Gibt es irgendwelche Übernachtungsplanungen zwecks Wohngemeinschaft wo man sich noch einklinken kann?
Wenn ja, PNt mich mal an#6  

Gruß Laggo


----------



## Tüdel (13. Februar 2007)

*AW: 3. Flensburger Meerforellentreffen*

Hi Jelle und Gemeinde,

bin wohl mit dabei. Feste Zusage folgt, wenn ich Anreise und Frage nach Rahmenprogram geklärt habe.

So long

Tüdel


----------



## cozmo (13. Februar 2007)

*AW: 3. Flensburger Meerforellentreffen*

moin moin

jelle ich wollte für den 24 märz mal 3 leute aus büsum anmelden.
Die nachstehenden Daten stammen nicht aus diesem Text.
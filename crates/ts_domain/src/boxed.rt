//! One domain per cell, with a trail that leads back to every earlier box.

ghost use Rattle.std.specs.Prelude.{◌≡◌, ◌≢◌, ◌-◌, ◌<◌, ◌≤◌, [], length, IfOk, OnOk, OnErr, Contains};
ghost use Rattle.ts_base.specs.Limits.{too_many};
ghost use Rattle.ts_domain.specs.Kept.{values_kept, values_up_to, values_above, values_without};
ghost use Rattle.ts_domain.specs.BoxSeries.{IsBox, IsCell, cell_of, box_with, back_to};
ghost use Rattle.ts_domain.specs.Trail.{before, BackFits};

use crate::domain::Domain;
use crate::keep::Keep;
use crate::marks::Node;
use std::alloc::Global;
use std::marker::Model;
use std::mem;
use ts_base::Memory;

/// A change: the place of the cell, and how its domain before comes back.
#[derive(Drop)]
struct Step {
    cell: u32,
    back: Back,
}

/// The domain before, or the value that was taken out and a node for it.
#[derive(Drop)]
enum Back {
    Whole(Domain),
    One(i64, Box<Node>),
}

/// One domain per cell, and the boxes before the present one. Contracts see the boxes, the present one last.
#[derive(Drop)]
pub struct Boxed {
    alloc: Global,
    cells: Vec<Domain>,
    trail: Vec<Step>,
}

impl Model for Boxed {
    ghost use Rattle.ts_domain.specs.BoxSeries.{Boxes};

    ghost Value = { Boxes };

    ghost use Rattle.ts_domain.specs.Trail.{earlier_boxes, StepsFit};

    ghost view = { λ b. record { earlier = earlier_boxes b.trail.items b.cells.items; present = b.cells.items } };

    ghost invariant = { λ b. StepsFit b.trail.items b.cells.items };
}

impl Boxed {
    /// The box of these domains, with no box before it.
    pub fn new(alloc: Global, cells: &[Domain]) -> Result<Boxed, Memory>
        requires { length cells.now < too_many }
        ensures { IfOk result (λ b. b ≡ record { earlier = []; present = cells.now }) }
    {
        let mut copies = Vec::new(alloc);
        for domain in cells {
            copies.reserve(1)?;
            copies.push_reserved(domain.try_clone()?);
        }
        Ok(Boxed {
            alloc,
            cells: copies,
            trail: Vec::new(alloc),
        })
    }

    /// The number of cells.
    pub fn cells(&self) -> u32
        ensures count { result ≡ length self.now.present }
        ensures domains { IsBox self.now.present }
    {
        self.cells.len() as u32
    }

    /// The domain of cell `k`, counted from 1, in the present box.
    pub fn cell(&self, k: u32) -> &Domain
        requires { IsCell k self.now }
        ensures { result.now ≡ cell_of k self.now }
    {
        &self.cells[k as usize - 1]
    }

    /// Leaves the values of cell `k` up to `t`; one of them has to be there. After `Memory` nothing has changed.
    pub fn keep_low(&mut self, k: u32, t: i64) -> Result<(), Memory>
        requires cell { IsCell k self.old }
        requires stays { values_up_to t (cell_of k self.old) ≢ [] }
        ensures ok { OnOk result (self.new ≡ box_with k (values_up_to t) self.old) }
        ensures err { OnErr result (self.new ≡ self.old) }
    {
        self.narrow(k, Keep::UpTo(t))
    }

    /// Leaves the values of cell `k` above `t`; one of them has to be there. After `Memory` nothing has changed.
    pub fn keep_high(&mut self, k: u32, t: i64) -> Result<(), Memory>
        requires cell { IsCell k self.old }
        requires stays { values_above t (cell_of k self.old) ≢ [] }
        ensures ok { OnOk result (self.new ≡ box_with k (values_above t) self.old) }
        ensures err { OnErr result (self.new ≡ self.old) }
    {
        self.narrow(k, Keep::Above(t))
    }

    /// Leaves all values of cell `k` but `v`; another one has to be there. After `Memory` nothing has changed.
    pub fn remove(&mut self, k: u32, v: i64) -> Result<(), Memory>
        requires cell { IsCell k self.old }
        requires stays { values_without v (cell_of k self.old) ≢ [] }
        ensures ok { OnOk result (self.new ≡ box_with k (values_without v) self.old) }
        ensures err { OnErr result (self.new ≡ self.old) }
    {
        match self.cell(k).but_end(v) {
            Some(keep) => self.narrow(k, keep),
            None if self.cell(k).contains(v) => self.take_out(k, v),
            None => self.narrow(k, Keep::AllBut(v)),
        }
    }

    /// The number of boxes before the present one, by which `undo` finds the present one again.
    pub fn mark(&self) -> usize
        ensures { result ≡ length self.now.earlier }
    {
        self.trail.len()
    }

    /// Goes back to the box at place `mark`, counted from 0 at the first one; the boxes after it are forgotten.
    pub fn undo(&mut self, mark: usize)
        requires { mark ≤ length self.old.earlier }
        ensures { self.new ≡ back_to mark self.old }
    {
        while self.mark() > mark {
            self.undo_one();
        }
    }
}

impl Boxed {
    /// One more box, in which cell `k` has the values that `keep` keeps; the memory is taken before the first change.
    fn narrow(&mut self, k: u32, keep: Keep) -> Result<(), Memory>
        requires cell { IsCell k self.old }
        requires stays { values_kept keep (cell_of k self.old) ≢ [] }
        ensures ok { OnOk result (self.new ≡ box_with k (values_kept keep) self.old) }
        ensures err { OnErr result (self.new ≡ self.old) }
    {
        let at = k - 1;
        self.trail.reserve(1)?;
        let left = self.cells[at as usize].kept(keep)?;
        let before = mem::replace(&mut self.cells[at as usize], left);
        self.trail.push_reserved(Step {
            cell: at,
            back: Back::Whole(before),
        });
        Ok(())
    }

    /// One more box, in which cell `k` has lost a value that it had.
    fn take_out(&mut self, k: u32, v: i64) -> Result<(), Memory>
        requires cell { IsCell k self.old }
        requires has { Contains (cell_of k self.old) v }
        requires stays { values_without v (cell_of k self.old) ≢ [] }
        ensures ok { OnOk result (self.new ≡ box_with k (values_without v) self.old) }
        ensures err { OnErr result (self.new ≡ self.old) }
    {
        let at = k - 1;
        self.trail.reserve(1)?;
        let node = Node::spare(self.alloc)?;
        let spare = Node::spare(self.alloc)?;
        let cell = &mut self.cells[at as usize];
        cell.flip(v, node);
        self.trail.push_reserved(Step {
            cell: at,
            back: Back::One(v, spare),
        });
        Ok(())
    }

    /// Back to the box before.
    fn undo_one(&mut self)
        requires { 0 < length self.old.earlier }
        ensures { self.new ≡ back_to (length self.old.earlier - 1) self.old }
    {
        if let Some(step) = self.trail.pop() {
            bring_back(&mut self.cells[step.cell as usize], step.back);
        }
    }
}

/// Puts a cell's domain before a change in the place of the one after it.
fn bring_back(cell: &mut Domain, back: Back)
    requires { BackFits back cell.old }
    ensures { cell.new ≡ before back cell.old }
{
    match back {
        Back::Whole(old) => drop(mem::replace(cell, old)),
        Back::One(v, node) => cell.flip(v, node),
    }
}
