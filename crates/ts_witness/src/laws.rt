//! What a witness shows. Each is a statement of `specs/Laws` that the checker has proved.

ghost use Rattle.ts_witness.specs.Laws.{ChangedIsKept, MetIsAlive};

/// Where a series of the box meets a requirement, it is refuted at no cell.
pub fn met_is_alive()
    ensures { MetIsAlive }
{}

/// Where a series of the box, with the value v at cell k in place of its own, meets a requirement, v isn't dropped by
/// it there.
pub fn changed_is_kept()
    ensures { ChangedIsKept }
{}
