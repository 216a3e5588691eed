//! The law of normal forms that no call carries.

ghost use Rattle.ts_regex.specs.Shape.{Shape};
ghost use Rattle.ts_regex.specs.NormalForm.{members, normal_form};
ghost use Rattle.ts_regex.specs.Rising.{AreRising};

/// The members of a normal form come in strictly rising order: each comes before the next.
#[tactic(auto, using(crate::proofs::Rising::form_rising))]
pub fn members_rise()
    ensures { (r : Shape) → AreRising (members (normal_form r)) }
{}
die zusagen stehen fest, kommen abends aber nichtmehr mit essen!!!!

weißt ja wegen den frauen und so!!!!


----------



## Reppi (13. Februar 2007)

*AW: 3. Flensburger Meerforellentreffen*

Mich hast Du doch schon eingetütet, oder ?
Mit Mangare !!


----------



## Rausreißer (13. Februar 2007)

*AW: 3. Flensburger Meerforellentreffen*



Reppi schrieb:


> Mich hast Du doch schon eingetütet, oder ?
> Mit Mangare !!


Man bist Du Down Reppi.
Frisch dich mal auf, bei Gelegenheit. #6
Als Behördenvertreter, also nix falsch verstehen, hat nix mit  Tüten-Treten zu tun. 

  See you,

Gernot #h


----------



## Medo (13. Februar 2007)

*AW: 3. Flensburger Meerforellentreffen*

na dass wird was...  der denuzant und das silberpüdelchen...
... und obendrein das laggo ;-)

ich freu mich wie bolle euch halunken mal wieder zu sichten....

@gernot..
donnerstag?


----------



## Karstein (13. Februar 2007)

*AW: 3. Flensburger Meerforellentreffen*



Blauortsand schrieb:


> wattn pech - schade aber dann besucht ihr bald mal wieder die schwiegereltern/eltern und wir gehen dann mal wieder zusammen los!!!



Eventuell für ein Probefischen vor der Kuschelrunde - aber hier geht´s grad mächtig böse ab in Berlin... 

@ Uwe: bist am Roms irgendwie dies Jahr, eventüll im Juni???


----------



## Locke (14. Februar 2007)

*AW: 3. Flensburger Meerforellentreffen*

Also,

Dienstplan und Urlaub sind gecheckt und angeln hat diesesmal erste Priorität!
Bin dabei! 


So habe ich dann mal die Gelegenheit, ne Fliegenrutedingsbums inner Hand zu halten. 
Wer traut sich nem Grobmotoriker seine Peitsche schwingen zu lassen?   #h

email kommt
57 Loitz, das wird spannend.

Gruss Locke


----------



## Reppi (14. Februar 2007)

*AW: 3. Flensburger Meerforellentreffen*

Das who is who der Küste zusammen...... 
@Karsten


> @ Uwe: bist am Roms irgendwie dies Jahr, eventüll im Juni???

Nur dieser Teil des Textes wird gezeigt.